Department of Obstetrics and Gynecology, University of Michigan Health, Ann Arbor, Michigan.

出版信息

J Am Coll Radiol. 2022 Jan;19(1 Pt A):35-46. doi: 10.1016/j.jacr.2021.09.015. Epub 2021 Oct 1.

Abstract

OBJECTIVE

Consequences of lung cancer screening (LCS) with low-dose chest CT in clinical settings, including procedures, costs, and complications, are incompletely understood. We evaluated downstream invasive procedures after LCS, total and out-of-pocket (OOP) costs of these procedures, and correlates of procedural rates and costs.

METHODS

Using the Clinformatics Data Mart, we retrospectively included patients between ages 55 and 79 years receiving LCS between 2015 and 2017. The types and frequency of downstream invasive procedures (including needle biopsy, bronchoscopy, surgery, and cytology) were described. Treating the LCS examination and downstream procedures as a single LCS episode, we described the per-episode total costs (insurance reimbursement + OOP costs of LCS and downstream procedures) and OOP costs. Correlates of costs were determined using linear and logistic regression.

RESULTS

A total of 6,268 patients received at least one low-dose chest CT; 462 patients (7.4%) received at least one procedure within 12 months after LCS (needle biopsy 69.0%, cytology 23.6%, bronchoscopy 18.6%, surgery 23.8%). Women and patients ≥65 years were more likely to receive a downstream procedure. Ninety-three patients (20.1%) were diagnosed with lung cancer after LCS. The total cost of managing this population of lung screeners was $5,060,511.04, with an average per-episode total cost of $740.06. The aggregate OOP costs to this population of lung screeners was $427,069.74, with an average per-episode OOP cost of $62.46.

CONCLUSIONS

Rates of invasive procedures after LCS in a commercially insured population exceeded those of clinical trials.
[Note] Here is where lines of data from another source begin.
impl Parts {
    ghost use Rattle.nv_windows.specs.Kept.{page_at, with_next_window, with_tree_at, without_window_at, workspace_of};
    ghost use Rattle.nv_windows.specs.Operations.{after_close, after_opening, after_sizing, after_tab_close, after_tab_new, at_tabpage, at_window, entered_where, has_one_tabpage, is_only_window, opening, tabpage_opening, with_buffer_in, with_buffer_instead, with_cursor, with_top, with_wish_of, without_tabpage};
    ghost use Rattle.nv_windows.specs.Rooms.{all_fit, has_room_beside, has_tabpage_left, has_window_left, next_leaf, text_area, windows_area};
    ghost use Rattle.nv_windows.specs.Sound.{IsSoundWorkspace};
    ghost use Rattle.nv_windows.specs.inside.Seats.{IsSoundSeating};
    ghost use Rattle.nv_windows.specs.Workspace.{fresh_workspace, tabpage_of};

    /// Window 1000 on a buffer in tabpage 1, on a screen of 80 by 24.
    pub(crate) fn new(alloc: Global, buffer: i64) -> Result<Parts, AllocError>
        ensures { IfOk result (λ parts. workspace_of parts ≡ fresh_workspace buffer) }
    {
        let mut windows = Vec::with_capacity(alloc, 1)?;
        windows.push(window_on(1000, buffer))?;
        let mut tabpages = Vec::with_capacity(alloc, 1)?;
        tabpages.push(tabpage_on(1, 1000))?;
        Ok(Parts {
            windows,
            tabpages,
            tabpage: 1,
            width: 80,
            height: 24,
            next_window: 1001,
            next_tabpage: 2,
        })
    }

    /// Whether a window's handle is left.
    pub(crate) fn window_left(&self) -> bool
        ensures { result ≡ has_window_left (workspace_of self.now) }
    {
        self.next_window <= LAST_HANDLE
    }

    /// Whether a tabpage's handle is left.
    pub(crate) fn tabpage_left(&self) -> bool
        ensures { result ≡ has_tabpage_left (workspace_of self.now) }
    {
        self.next_tabpage <= LAST_HANDLE
    }

    /// The text cells of a window.
    pub(crate) fn area(&self, window: i64) -> Option<Rect>
        requires { IsSoundWorkspace (workspace_of self.now) }
        ensures { result ≡ text_area (workspace_of self.now) window }
    {
        let home = home_of(&self.tabpages, window)?;
        let screen = self.windows_area();
        let rect = rect_of(&self.tabpages[home].tree, screen, window)?;
        Some(without_status(rect))
    }

    /// The rows and columns that windows have.
    pub(crate) fn windows_area(&self) -> Rect
        ensures { result ≡ windows_area (workspace_of self.now) }
    {
        Rect {
            row: 0,
            col: 0,
            width: self.width,
            height: self.height.saturating_sub(1),
        }
    }

    /// The handle of the tabpage that a window is in.
    pub(crate) fn home(&self, window: i64) -> Option<i64>
        ensures { result ≡ option_map (λ t. t.handle)
            (tabpage_of (workspace_of self.now) window) }
    {
        let home = home_of(&self.tabpages, window)?;
        Some(self.tabpages[home].handle)
    }

    /// The tree that the tabpage at a place gets where the next window is opened in it.
    fn tree_opened(
        &self,
        alloc: Global,
        home: usize,
        beside: i64,
        side: Side,
    ) -> Result<Tree, AllocError>
        requires sound { IsSoundWorkspace (workspace_of self.now) }
        requires place { home < length self.now.tabpages.items }
        requires held { holds beside (page_at (workspace_of self.now) home).tree ≡ true }
        ensures tree { IfOk result (λ tree. shape_of tree
            ≡ split side beside (next_leaf (workspace_of self.now))
            (page_at (workspace_of self.now) home).tree) }
        ensures small { IfOk result (λ tree. IsMeasurable (shape_of tree)) }
    {
        let leaf = Leaf {
            window: self.next_window,
            width: 0,
            height: 0,
        };
        self.tabpages[home].tree.opened(alloc, beside, side, leaf)
    }

    /// Whether there is room for a further window on a side of one.
    pub(crate) fn fits(&self, alloc: Global, beside: i64, side: Side) -> Result<bool, AllocError>
        requires { IsSoundWorkspace (workspace_of self.now) }
        ensures { IfOk result (λ fits. fits ≡ has_room_beside (workspace_of self.now) beside side) }
    {
        let Some(home) = home_of(&self.tabpages, beside) else {
            return Ok(false);
        };
        let tree = self.tree_opened(alloc, home, beside, side)?;
        Ok(fits(&tree, self.width, self.height))
    }

    /// Opens the next window.
    pub(crate) fn open(
        &mut self,
        alloc: Global,
        beside: i64,
        side: Side,
        buffer: i64,
        wishes: Wishes,
        enter: bool,
    ) -> Result<Opened, AllocError>
        requires sound { IsSoundWorkspace (workspace_of self.old) }
        ensures told { IfOk result (λ told. told ≡ opening (workspace_of self.old) beside side) }
        ensures after { OnOk result (workspace_of self.new
            ≡ after_opening beside side buffer wishes.width wishes.height enter
            (workspace_of self.old)) }
        ensures err { OnErr result (workspace_of self.new ≡ workspace_of self.old) }
    {
        if !self.window_left() {
            return Ok(Opened::NoId);
        }
        let Some(home) = home_of(&self.tabpages, beside) else {
            return Ok(Opened::NoRoom);
        };
        let tree = self.tree_opened(alloc, home, beside, side)?;
        if !fits(&tree, self.width, self.height) {
            return Ok(Opened::NoRoom);
        }
        let window = self.next_window;
        let tree = wishing(tree, window, wishes.width, wishes.height);
        self.put_opened(home, tree, buffer)?;
        self.enter_where(enter, window);
        Ok(Opened::Window(window))
    }

    /// Puts the next window on a buffer, and the tree with it in the tabpage at a place.
    fn put_opened(&mut self, home: usize, tree: Tree, buffer: i64) -> Result<(), AllocError>
        requires place { home < length self.old.tabpages.items }
        requires left { has_window_left (workspace_of self.old) ≡ true }
        ensures ok { OnOk result (workspace_of self.new
            ≡ with_next_window buffer (with_tree_at (workspace_of self.old) home (shape_of tree))) }
        ensures err { OnErr result (workspace_of self.new ≡ workspace_of self.old) }
    {
        self.windows.push(window_on(self.next_window, buffer))?;
        self.tabpages[home].tree = tree;
        self.next_window += 1;
        Ok(())
    }

    /// Makes a window the current one, or not.
    fn enter_where(&mut self, enter: bool, window: i64)
        ensures { workspace_of self.new ≡ entered_where enter window (workspace_of self.old) }
    {
        if enter {
            self.go(window);
        }
    }

    /// Makes a window, and its tabpage, the current one.
    pub(crate) fn go(&mut self, window: i64)
        ensures { workspace_of self.new ≡ at_window window (workspace_of self.old) }
    {
        self.tabpage = home_handle(&self.tabpages, window, self.tabpage);
        put_current(&mut self.tabpages, window);
    }

    /// Makes a tabpage the current one.
    pub(crate) fn go_tab(&mut self, tabpage: i64)
        ensures { workspace_of self.new ≡ at_tabpage tabpage (workspace_of self.old) }
    {
        self.tabpage = tabpage;
    }

    /// Puts the wish of a window along an axis.
    pub(crate) fn put_wish(&mut self, window: i64, axis: Axis, wish: u32)
        ensures { workspace_of self.new ≡ with_wish_of window axis wish (workspace_of self.old) }
    {
        put_wish(&mut self.tabpages, window, axis, wish);
    }

    /// Puts a window's cursor.
    pub(crate) fn put_cursor(&mut self, window: i64, pos: Pos)
        requires { IsSoundWorkspace (workspace_of self.old) }
        ensures { workspace_of self.new ≡ with_cursor window pos (workspace_of self.old) }
    {
        put_cursor(&mut self.windows, window, pos);
    }

    /// Puts the first row that a window shows.
    pub(crate) fn put_top(&mut self, window: i64, row: u32)
        requires { IsSoundWorkspace (workspace_of self.old) }
        ensures { workspace_of self.new ≡ with_top window row (workspace_of self.old) }
    {
        put_top(&mut self.windows, window, row);
    }

    /// Lets a window show a buffer, from row 0 on.
    pub(crate) fn show(&mut self, window: i64, buffer: i64)
        requires { IsSoundWorkspace (workspace_of self.old) }
        ensures { workspace_of self.new ≡ with_buffer_in window buffer (workspace_of self.old) }
    {
        show(&mut self.windows, window, buffer);
    }

    /// Lets the windows that show a buffer show another one, from row 0 on.
    pub(crate) fn show_instead(&mut self, old: i64, new: i64)
        ensures { workspace_of self.new ≡ with_buffer_instead old new (workspace_of self.old) }
    {
        show_instead(&mut self.windows, old, new);
    }

    /// Moves the windows that show a buffer after a splice of its text.
    pub(crate) fn splice(&mut self, buffer: i64, start: Pos, old: Extent, new: Extent, count: usize)
        requires some { count ≢ 0 }
        requires old_end { IsNarrow (further start old) }
        requires new_end { IsNarrow (further start new) }
        requires moved { All (MovesNarrowlyIn buffer
            (record {
              start = start;
              old = old;
              new = new;
              count = count;
            })) self.old.windows.items }
        ensures { workspace_of self.new ≡ after_splice buffer
            (record { start = start; old = old; new = new; count = count })
            (workspace_of self.old) }
    {
        move_views(&mut self.windows, buffer, start, old, new, count);
    }

    /// Closes a window, and its tabpage where it is the only one of it.
    pub(crate) fn close(
        &mut self,
        alloc: Global,
        window: i64,
        seats: &Seats,
    ) -> Result<bool, AllocError>
        requires { IsSoundSeating (workspace_of self.old) seats.now.all.items }
        ensures told { IfOk result (λ closed. closed
            ≡ not (is_only_window (workspace_of self.old) window)) }
        ensures after { OnOk result (workspace_of self.new
            ≡ after_close window (workspace_of self.old)) }
        ensures err { OnErr result (workspace_of self.new ≡ workspace_of self.old) }
    {
        let Some(home) = home_of(&self.tabpages, window) else {
            return Ok(false);
        };
        if leaves(&self.tabpages[home].tree) > 1 {
            self.close_one(alloc, home, window)?;
            return Ok(true);
        }
        if self.tabpages.len() == 1 {
            return Ok(false);
        }
        let tabpage = self.tabpages[home].handle;
        self.close_tabpage(tabpage, seats);
        Ok(true)
    }

    /// Closes one of several windows of the tabpage at a place.
    fn close_one(&mut self, alloc: Global, home: usize, window: i64) -> Result<(), AllocError>
        requires place { home < length self.old.tabpages.items }
        requires held { holds window (page_at (workspace_of self.old) home).tree ≡ true }
        requires more { 1 < length (leaves_of (page_at (workspace_of self.old) home).tree) }
        ensures ok { OnOk result (workspace_of self.new
            ≡ without_window_at window home (workspace_of self.old)) }
        ensures err { OnErr result (workspace_of self.new ≡ workspace_of self.old) }
    {
        close_in(alloc, &mut self.tabpages[home], window)?;
        drop_window(&mut self.windows, window);
        Ok(())
    }

    /// Closes a tabpage with all its windows.
    fn close_tabpage(&mut self, tabpage: i64, seats: &Seats)
        requires { IsSoundSeating (workspace_of self.old) seats.now.all.items }
        ensures { workspace_of self.new ≡ without_tabpage tabpage (workspace_of self.old) }
    {
        drop_windows_of(&mut self.windows, &self.tabpages, tabpage, seats);
        let place = place_among(&self.tabpages, tabpage);
        drop_tabpage(&mut self.tabpages, tabpage);
        self.tabpage = current_after(&self.tabpages, place, self.tabpage, tabpage);
    }

    /// Closes the current tabpage, where it isn't the only one.
    pub(crate) fn tab_close(&mut self, seats: &Seats) -> bool
        requires { IsSoundSeating (workspace_of self.old) seats.now.all.items }
        ensures told { result ≡ not (has_one_tabpage (workspace_of self.old)) }
        ensures after { workspace_of self.new ≡ after_tab_close (workspace_of self.old) }
    {
        if self.tabpages.len() == 1 {
            return false;
        }
        self.close_tabpage(self.tabpage, seats);
        true
    }

    /// Makes the next tabpage, with the next window, behind the current one.
    pub(crate) fn tab_new(&mut self, alloc: Global, buffer: i64) -> Result<Option<i64>, AllocError>
        requires sound { IsSoundWorkspace (workspace_of self.old) }
        ensures told { IfOk result (λ told. told ≡ tabpage_opening (workspace_of self.old)) }
        ensures after { OnOk result (workspace_of self.new
            ≡ after_tab_new buffer (workspace_of self.old)) }
        ensures err { OnErr result (workspace_of self.new ≡ workspace_of self.old) }
    {
        if !self.window_left() || !self.tabpage_left() {
            return Ok(None);
        }
        self.windows.reserve(1)?;
        let tabpage = self.next_tabpage;
        let window = self.next_window;
        put_behind(
            &mut self.tabpages,
            self.tabpage,
            tabpage_on(tabpage, window),
        )?;
        let _ = self.windows.push(window_on(window, buffer));
        self.tabpage = tabpage;
        self.next_window += 1;
        self.next_tabpage += 1;
        Ok(Some(tabpage))
    }

    /// Gives the screen another size, where each tree has its least size on it.
    pub(crate) fn put_size(&mut self, width: u32, height: u32) -> bool
        requires { IsSoundWorkspace (workspace_of self.old) }
        ensures told { result ≡ all_fit width height (workspace_of self.old) }
        ensures after { workspace_of self.new ≡ after_sizing width height (workspace_of self.old) }
    {
        if !all_fit(&self.tabpages, width, height) {
            return false;
        }
        self.width = width;
        self.height = height;
        true
    }
}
Considering LCS and associated downstream procedures as an episode of care results in modest OOP cost.

摘要

目的

在临床环境中,肺癌筛查(LCS)使用低剂量胸部 CT 的后果,包括程序、成本和并发症,尚不完全清楚。我们评估了 LCS 后的下游侵入性程序、这些程序的总费用和自付费用(OOP),以及程序率和费用的相关性。

方法

使用 Clinformatics Data Mart,我们回顾性地纳入了 2015 年至 2017 年间接受 LCS 的年龄在 55 岁至 79 岁之间的患者。描述了下游侵入性程序(包括针吸活检、支气管镜检查、手术和细胞学)的类型和频率。将 LCS 检查和下游程序视为单个 LCS 事件,我们描述了每个事件的总费用(保险报销+LCS 和下游程序的 OOP 费用)和 OOP 费用。使用线性和逻辑回归确定成本的相关性。

结果

共有 6268 名患者接受了至少一次低剂量胸部 CT;462 名患者(7.4%)在 LCS 后 12 个月内接受了至少一次程序(针吸活检 69.0%、细胞学 23.6%、支气管镜检查 18.6%、手术 23.8%)。女性和≥65 岁的患者更有可能接受下游程序。93 名患者(20.1%)在 LCS 后被诊断为肺癌。管理这群肺癌筛查者的总费用为 5060511.04 美元,平均每个事件的总费用为 740.06 美元。这群肺癌筛查者的总 OOP 费用为 427069.74 美元,平均每个事件的 OOP 费用为 62.46 美元。

结论

在商业保险人群中,LCS 后的侵入性程序率高于临床试验。将 LCS 及相关下游程序视为一个治疗周期会导致适度的 OOP 费用。